** YOUR GOAL **
Every entry is to be written out word for word.

################

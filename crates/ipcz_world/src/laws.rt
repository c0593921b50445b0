//! The laws of worlds and of their runs. Each function does nothing: its contract is the law. What a law speaks of is defined in specs/:
//! `Lawful`, `Headline` and runs in Lawful, steps in Steps, books in Books, quiet in Settling (docs/THEOREM.md).

ghost use Rattle.ipcz_world.specs.WorldLaws.{StartsLawful, StepKeepsLawful, FirstIsPossible, ClaimKeepsLawful, RepliesPlainly};
ghost use Rattle.ipcz_world.specs.WorldLaws.{BeginsLocked, LinksStay, LawfulGivesHeadline, HeadlineHolds, ItemsStandOnce};
ghost use Rattle.ipcz_world.specs.WorldLaws.{LawfulStraysNothing, NothingStrays, LawfulOwes, TerminalsKeepBooks, ListsHaveLengths};
ghost use Rattle.ipcz_world.specs.WorldLaws.{EndsStandOnce, HandsFit};
ghost use Rattle.ipcz_world.specs.WorldLaws.{NodesAreSound, QuietDelivers, OneNodeIsDirect};
ghost use Rattle.ipcz_world.specs.WorldLaws.{GetsStayQuiet, HeldHaveTerminals, NothingIsForgotten, QuietIsDirect, ClosedPairsAreGone, QuietHasNoProxy};
ghost use Rattle.ipcz_world.specs.Ranks.{ActsLowerTheRank, TurnsKeepRates, TurnsAreBounded, OrderedAreRated, UnusedIsQuiet};
ghost use Rattle.ipcz_world.specs.SettleBounds.{VisitsAreBounded, UnsettledIsBounded, PlainAreRated, PlainLimitIsEnough, SettledIsDirect};
ghost use Rattle.ipcz_world.specs.WorldLaws.{HandsStandInMail, OpeningWordsAreEmpty, PendingHaveTerminals};
ghost use Rattle.ipcz_world.specs.WorldLaws.{RunsArePlain, RepliesStrayNothing};
ghost use Rattle.ipcz_world.specs.SettleLimit.{RankIsWithinLimit, SettleLimitIsEnough};
ghost use Rattle.ipcz_world.specs.PutBounds.{StayingIsUnused, PutsAreBounded, DirectPutsAreBounded};
ghost use Rattle.ipcz_world.specs.Theorem.{TheTheoremHolds};
ghost use Rattle.ipcz_world.specs.Arrived.{ArrivedLeaveProxiesBehind};
ghost use Rattle.ipcz_world.specs.Lasting.{LastingRunsKeepTheTheorem, DeedsKeepRanks, DeedsKeepEnds};
ghost use Rattle.ipcz_world.specs.HeldEnds.{PassingKeepsLawful, GrowingKeepsLawful, DryKeepsLawful, WetKeepsLawful};
ghost use Rattle.ipcz_world.specs.HeldEnds.{HeldWereHeld, TurnsHeldWereHeld, HeldForOpenWereHeld, LostAreNotHeld, LetGoAreNotHeld, AcceptedAreHeld, DeadWordsDoNotMatter};
ghost use Rattle.ipcz_world.specs.HeldEnds.{HeldUntilLetGo, CallsKeepHeld, HeldInOnePlace};
ghost use Rattle.ipcz_world.specs.HeldEnds.{TurnsKeepHeld, LetGoAreGivenUp, OpeningKeepsHeld, ClaimedAreHeld};

/// The theorem of this repository (specs/Theorem): to their callers the nodes together are the machine over the books alone. Whatever steps
/// are taken from the start, and whichever possible act each turn takes, that machine allows their replies; each portal has got a prefix of
/// what its peer put; each accepted item that its peer hasn't read stands in one place; no message but a Flush finds its router gone; no
/// router that waits is forgotten; if nothing waits, and words were left, no proxy is left; and left alone, the world becomes quiet within
/// its rank, for all rates that fit.
pub fn the_theorem_holds_after_every_run()
    ensures { TheTheoremHolds }
{}

/// The world at the start, with 1 to 64 nodes and words enough for the first pairs (2^64 - 1 at most), is lawful with empty books and the
/// routes of the first pairs.
pub fn the_world_at_the_start_is_lawful()
    ensures { StartsLawful }
{}

/// Each step keeps a world lawful, with the books and routes that the step writes: an open, a put, a get, a close, or a turn that takes
/// any possible act, not only the first one. A refused step is one of these.
pub fn each_step_keeps_a_world_lawful()
    ensures { StepKeepsLawful }
{}

/// A step in which a turn takes the first act of the tables, or the unlock that stands in for a begin, is one in which it takes a
/// possible act: so what is said of any possible act is said of what the code does.
pub fn first_acts_are_possible()
    ensures { FirstIsPossible }
{}

/// The first half of an open, in which a word is claimed and its pair isn't made yet, keeps a world lawful with the same books and
/// routes.
pub fn claiming_for_an_open_keeps_a_world_lawful()
    ensures { ClaimKeepsLawful }
{}

/// Each reply, and what it writes into the books, is one that the machine over the books alone allows: a put is numbered by how many the
/// end has put, a get gives the next parcel that the peer put, and a refusal writes nothing.
pub fn each_reply_is_plain()
    ensures { RepliesPlainly }
{}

################

** EXERCISE SOLUTION **
filename crates/ipcz_world/src/laws.rt
repository c0593921b50445b0
//! The laws of worlds and of their runs. Each function does nothing: its contract is the law. What a law speaks of is defined in specs/:
//! `Lawful`, `Headline` and runs in Lawful, steps in Steps, books in Books, quiet in Settling (docs/THEOREM.md).

ghost use Rattle.ipcz_world.specs.WorldLaws.{StartsLawful, StepKeepsLawful, FirstIsPossible, ClaimKeepsLawful, RepliesPlainly};
ghost use Rattle.ipcz_world.specs.WorldLaws.{BeginsLocked, LinksStay, LawfulGivesHeadline, HeadlineHolds, ItemsStandOnce};
ghost use Rattle.ipcz_world.specs.WorldLaws.{LawfulStraysNothing, NothingStrays, LawfulOwes, TerminalsKeepBooks, ListsHaveLengths};
ghost use Rattle.ipcz_world.specs.WorldLaws.{EndsStandOnce, HandsFit};
ghost use Rattle.ipcz_world.specs.WorldLaws.{NodesAreSound, QuietDelivers, OneNodeIsDirect};
ghost use Rattle.ipcz_world.specs.WorldLaws.{GetsStayQuiet, HeldHaveTerminals, NothingIsForgotten, QuietIsDirect, ClosedPairsAreGone, QuietHasNoProxy};
ghost use Rattle.ipcz_world.specs.Ranks.{ActsLowerTheRank, TurnsKeepRates, TurnsAreBounded, OrderedAreRated, UnusedIsQuiet};
ghost use Rattle.ipcz_world.specs.SettleBounds.{VisitsAreBounded, UnsettledIsBounded, PlainAreRated, PlainLimitIsEnough, SettledIsDirect};
ghost use Rattle.ipcz_world.specs.WorldLaws.{HandsStandInMail, OpeningWordsAreEmpty, PendingHaveTerminals};
ghost use Rattle.ipcz_world.specs.WorldLaws.{RunsArePlain, RepliesStrayNothing};
ghost use Rattle.ipcz_world.specs.SettleLimit.{RankIsWithinLimit, SettleLimitIsEnough};
ghost use Rattle.ipcz_world.specs.PutBounds.{StayingIsUnused, PutsAreBounded, DirectPutsAreBounded};
ghost use Rattle.ipcz_world.specs.Theorem.{TheTheoremHolds};
ghost use Rattle.ipcz_world.specs.Arrived.{ArrivedLeaveProxiesBehind};
ghost use Rattle.ipcz_world.specs.Lasting.{LastingRunsKeepTheTheorem, DeedsKeepRanks, DeedsKeepEnds};
ghost use Rattle.ipcz_world.specs.HeldEnds.{PassingKeepsLawful, GrowingKeepsLawful, DryKeepsLawful, WetKeepsLawful};
ghost use Rattle.ipcz_world.specs.HeldEnds.{HeldWereHeld, TurnsHeldWereHeld, HeldForOpenWereHeld, LostAreNotHeld, LetGoAreNotHeld, AcceptedAreHeld, DeadWordsDoNotMatter};
ghost use Rattle.ipcz_world.specs.HeldEnds.{HeldUntilLetGo, CallsKeepHeld, HeldInOnePlace};
ghost use Rattle.ipcz_world.specs.HeldEnds.{TurnsKeepHeld, LetGoAreGivenUp, OpeningKeepsHeld, ClaimedAreHeld};

/// The theorem of this repository (specs/Theorem): to their callers the nodes together are the machine over the books alone. Whatever steps
/// are taken from the start, and whichever possible act each turn takes, that machine allows their replies; each portal has got a prefix of
/// what its peer put; each accepted item that its peer hasn't read stands in one place; no message but a Flush finds its router gone; no
/// router that waits is forgotten; if nothing waits, and words were left, no proxy is left; and left alone, the world becomes quiet within
/// its rank, for all rates that fit.
pub fn the_theorem_holds_after_every_run()
    ensures { TheTheoremHolds }
{}

/// The world at the start, with 1 to 64 nodes and words enough for the first pairs (2^64 - 1 at most), is lawful with empty books and the
/// routes of the first pairs.
pub fn the_world_at_the_start_is_lawful()
    ensures { StartsLawful }
{}

/// Each step keeps a world lawful, with the books and routes that the step writes: an open, a put, a get, a close, or a turn that takes
/// any possible act, not only the first one. A refused step is one of these.
pub fn each_step_keeps_a_world_lawful()
    ensures { StepKeepsLawful }
{}

/// A step in which a turn takes the first act of the tables, or the unlock that stands in for a begin, is one in which it takes a
/// possible act: so what is said of any possible act is said of what the code does.
pub fn first_acts_are_possible()
    ensures { FirstIsPossible }
{}

/// The first half of an open, in which a word is claimed and its pair isn't made yet, keeps a world lawful with the same books and
/// routes.
pub fn claiming_for_an_open_keeps_a_world_lawful()
    ensures { ClaimKeepsLawful }
{}

/// Each reply, and what it writes into the books, is one that the machine over the books alone allows: a put is numbered by how many the
/// end has put, a get gives the next parcel that the peer put, and a refusal writes nothing.
pub fn each_reply_is_plain()
    ensures { RepliesPlainly }
{}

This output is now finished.